Новый Мир ( № 6 2006)

Новый Мир Журнал

Шрифт:

У Агнии на лбу шрам, онже дар бесценный, купина неопалимая всё горит и горит, но больно самой от этого, так же и нам, на неё глядя, всегда должно быть. Всякий раз, как видим её, мы должны взять платок и вытереть кровь, потому что кровь на лбу там бывает всегда, застит глаза, так что плохо видно и нас, стремящихся к миру, к ранней истине, невечернему свету, знаниям. Но она отводит руку нашу с платком, говорит: я справлюсь сама; говорит: поднимите веки свои от глаз, и увидите то же. И мы поднимаем веки от глаз, и видим Агнию: спасайте держите смотрите на красный лоб и плачем глаза наши слезой закрываются соль ест на лице нашем кожу и мы трём и не можем стереть лицо горит как лицо жены архитектора на подушке а что нам делать неужели никак по-другому не увидим истину говорим Агнии а как же дар знать а как же секретки а как же присутствие постоянное в городе В а как же название наше отвергнутое ехать умирать нам теперь как же куда же прикажете для новой жизни ступить ногами мы предварительно вымоем вымолим поклоны епитимию по сорок утром и на ночь а также чётки на тридцать но только не трогайте наших лиц потому что мы поднимаем их в небо мы дышим им а также кушаем причащаемся радуемся друг другу на них глаза на них веснушки рот нос лоб правда без шрамов хотите сделайте так же со лбом пусть кровоточит тоже будет проще нам различать несправедливость неправедность ложь свои грехи тоже а может и у нас такие же лбы мы просто не знаем какое моё лицо какое твоё лицо на чужом увидишь царапину на своём не узришь кровавого шрама.

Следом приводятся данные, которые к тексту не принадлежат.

ghost use Rattle.std.specs.Prelude.{◌≡◌, IfOk, map};
ghost use Rattle.std.specs.List.{AllByRecursion};
ghost use Rattle.std.specs.Str.{IsUtf8};
ghost use Rattle.lq_request.specs.Headers.{with_count, with_entry, with_stats_join};
ghost use Rattle.lq_request.specs.Headers.{with_stats_value};
ghost use Rattle.lq_request.specs.Reading.{Finds, Leaves};
ghost use Rattle.lq_request.specs.Stats.{aggregate_entry, number_column};
ghost use Rattle.lq_schema.specs.Kinds.{own_kind};
ghost use Rattle.lq_schema.specs.Schema.{column_of};

use crate::aggregate::Aggregate;
use crate::filter::{patterns_with, test_value};
use crate::header::Draft;
use crate::header_err::HeaderErr;
use crate::number::number_value;
use crate::reason::Reason;
use crate::words::{as_text, words_of};
use lq_filter::Test;
use lq_records::Text;
use lq_schema::{Col, ColKind, Table, column, kind};
use std::alloc::Global;

impl Draft {
    /// Adds the entry of a `Stats` line.
    pub(crate) fn add_stats(
        &mut self,
        alloc: Global,
        name: &str,
        value: &str,
    ) -> Result<(), HeaderErr>
        ensures { Leaves result self.new (with_stats_value name.now value.now self.old) }
    {
        let words = words_of(alloc, value.as_bytes())?;
        match Aggregate::first(&words) {
            Some(aggregate) => self.add_aggregate(alloc, name, aggregate, &words),
            None => self.add_count(alloc, test_value(alloc, self.request.table, name, value)?),
        }
    }

    /// Joins the last entries: where `any`, one of their filters is enough, else all have to hold.
    pub(crate) fn join_stats(
        &mut self,
        alloc: Global,
        name: &str,
        any: bool,
        value: &str,
    ) -> Result<(), HeaderErr>
        ensures { Leaves result self.new (with_stats_join name.now any value.now self.old) }
    {
        let count = number_value(alloc, name, value)?;
        self.stats.join(alloc, name, any, count)
    }

    /// Adds an entry that counts the rows of a test.
    fn add_count(&mut self, alloc: Global, test: Test) -> Result<(), HeaderErr>
        ensures { Leaves result self.new (with_count self.old test) }
    {
        self.patterns = patterns_with(self.patterns, &test)?;
        self.stats.push_test(alloc, test)?;
        Ok(())
    }

    /// Adds the aggregate that words say.
    fn add_aggregate(
        &mut self,
        alloc: Global,
        name: &str,
        aggregate: Aggregate,
        words: &[&[u8]],
    ) -> Result<(), HeaderErr>
        requires { AllByRecursion IsUtf8 (map (λ word. word.now) words.now) }
        ensures { Leaves result self.new (with_entry self.old
            (aggregate_entry self.old.request.table name.now aggregate
            (map (λ word. word.now) words.now))) }
    {
        let [word, column] = words else {
            return Err(HeaderErr::Refused(Reason::BadValue(Text::new(alloc, name)?)));
        };
        let Some(kind) = aggregate.kind() else {
            let word = Text::new(alloc, as_text(word))?;
            return Err(HeaderErr::Refused(Reason::AggregateUnsupported(word)));
        };
        let column = number_column(alloc, self.request.table, as_text(column))?;
        self.stats.push_over(kind, column)?;
        Ok(())
    }
}

/// The column of numbers that a table has by a name.
fn number_column(alloc: Global, table: Table, name: &str) -> Result<Col, HeaderErr>
    ensures column { Finds result (number_column name.now (column_of table name.now)) }
    ensures number { IfOk result (λ column. own_kind column.own ≡ ColKind.Int) }
{
    let Some(column) = column(table, name) else {
        return Err(HeaderErr::Refused(Reason::UnknownColumn(Text::new(alloc, name)?)));
    };
    match kind(column) {
        ColKind::Int => Ok(column),
        _ => Err(HeaderErr::Refused(Reason::NotAllowed(Text::new(alloc, name)?))),
    }
}
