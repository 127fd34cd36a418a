use lq_records::{Format, Separators};

/// How a body is laid out.
#[derive(Clone, Copy)]
pub struct Layout {
    /// The format.
    pub format: Format,
    /// The separators, which `Format::Csv` alone writes.
    pub separators: Separators,
}

/// Where the next cell of a body comes.
#[derive(Clone, Copy)]
pub struct Spot {
    /// How the body is laid out.
    pub layout: Layout,
    /// Whether a line was ended before.
    pub has_line: bool,
    /// Whether a cell stands before it in its line.
    pub has_cell: bool,
}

Какое твоё лицо, говорю сестре, скажи мне о нём. Мое лице белое кожаное,

смотри глазами, раскрой глаза твои и смотри, подними веки твои от глаз. Кем ты будешь, когда вырастешь, говорю я, беседую, продолжаю. Я вырасту, стану тобой, стану сестрой и пойду в школу, говорит мне сестра, сестра вырастет, ты вырастешь, станешь мамой, пойдёшь на работу, мама вырастет, станет доброй бабушкой, уедет в деревню, чтобы жить на воздухе и вязать варежки спицами, бабушка вырастет, станет праматерью, встанет праматерью над землёй, обопрётся на крыла, полетит по небу над землёй, и обессисе сине мгле, читаю Слово о полку из слов, обессисе сине мгле, говорю, обессисе, в Казани белочехи захватили большевика, красноармейца Шейнкмана, в Казани, чехи, Шейнкмана, напала карна на жлю, жля на карну, ничится трава жалостью, земля тутнет, стерлёдки в воде скачут, а городская сумасшедшая готовит снасти, а синий чекист Власов сердится, не говоря о его ратности, погибашеть жизнь. Всё же стоит что-то сказать, хоть что-то, для ясности, что ли, говорю, для ясности. Сестре передали дар, бабушка в дар передала свой дар знать в лето.

Получираспишись

Зимой, зимой, зимой снег, пар изо рта. Это же ещё понять, оценить и одобрить надо, понять, куда оно (счастье) уходит, и почему все несчастны, и виновен ли в этом город, или то, что все так до сих пор любят писателя Чехова, или что? Вот простой пример, которовый всегда у нас перед глазами, сидим ли мы на работе в полуподвальном помещении, кутаясь от ветра, которовый идёт из подземного хода. Или же, обратно, живём дома, в квартире на своём втором этаже вкушая простую пищу свою, так называемый фрукт в себе, не завидуя стерлёдке. Мы поднимаем веки свои от глаз, а вокруг зима, но, мало того, по улицам несчастных полон рот, а также по улицам на машине возят мёртвого мальчика. Лицо его бледным образом выглядывает из окна своими неправильными чертами, заячьей губой, гусиными лапками, раковой шейкой, сладким выражением. Вот что значит перестать жить, не хватать руками горячее, не глотать касторочки. Ты дорог мне, как первый цвет, хотела написать на его могиле его безутешная мать, но его разведённый отец попросил дать ему сына на время, проститься, что и получил до последнего. Посадил в машину и повёз показать город. (Отчего умер мальчик, никто не знает, может быть, он даже погиб.) Я мало уделял тебе внимания, не гладил по голове, не целовал на ночь, не пел колыбельных, не завязывал шнурочки и сопельки не подвязывал, а также не бил по шаловливым рукам, которовые ты распускал нередко, не прижимал любопытный нос, не пил при тебе водки, не блевал в зелёный тазик, растроганно говорил отец, нажимая на газ, но не расстраивайся, пришло твоё время по проволочке, мы теперь будем вместе. Я брошу свою работу, уйду от своей жены и своего другого живого ребёнка, я буду всё рассказывать тебе, даже как размножаются у нас поляки и гении, я буду всюду водить тебя, хочешь на ёлку? Сын хотел, дело было зимой, его поведение никого не смущало своей умертвённостью, и не отпугивала бледность кожи, но мамаши на всякий случай не давали смотреть своим детям на машину, потому что мёртвый мальчик не выпускал пар изо рта, держал при себе.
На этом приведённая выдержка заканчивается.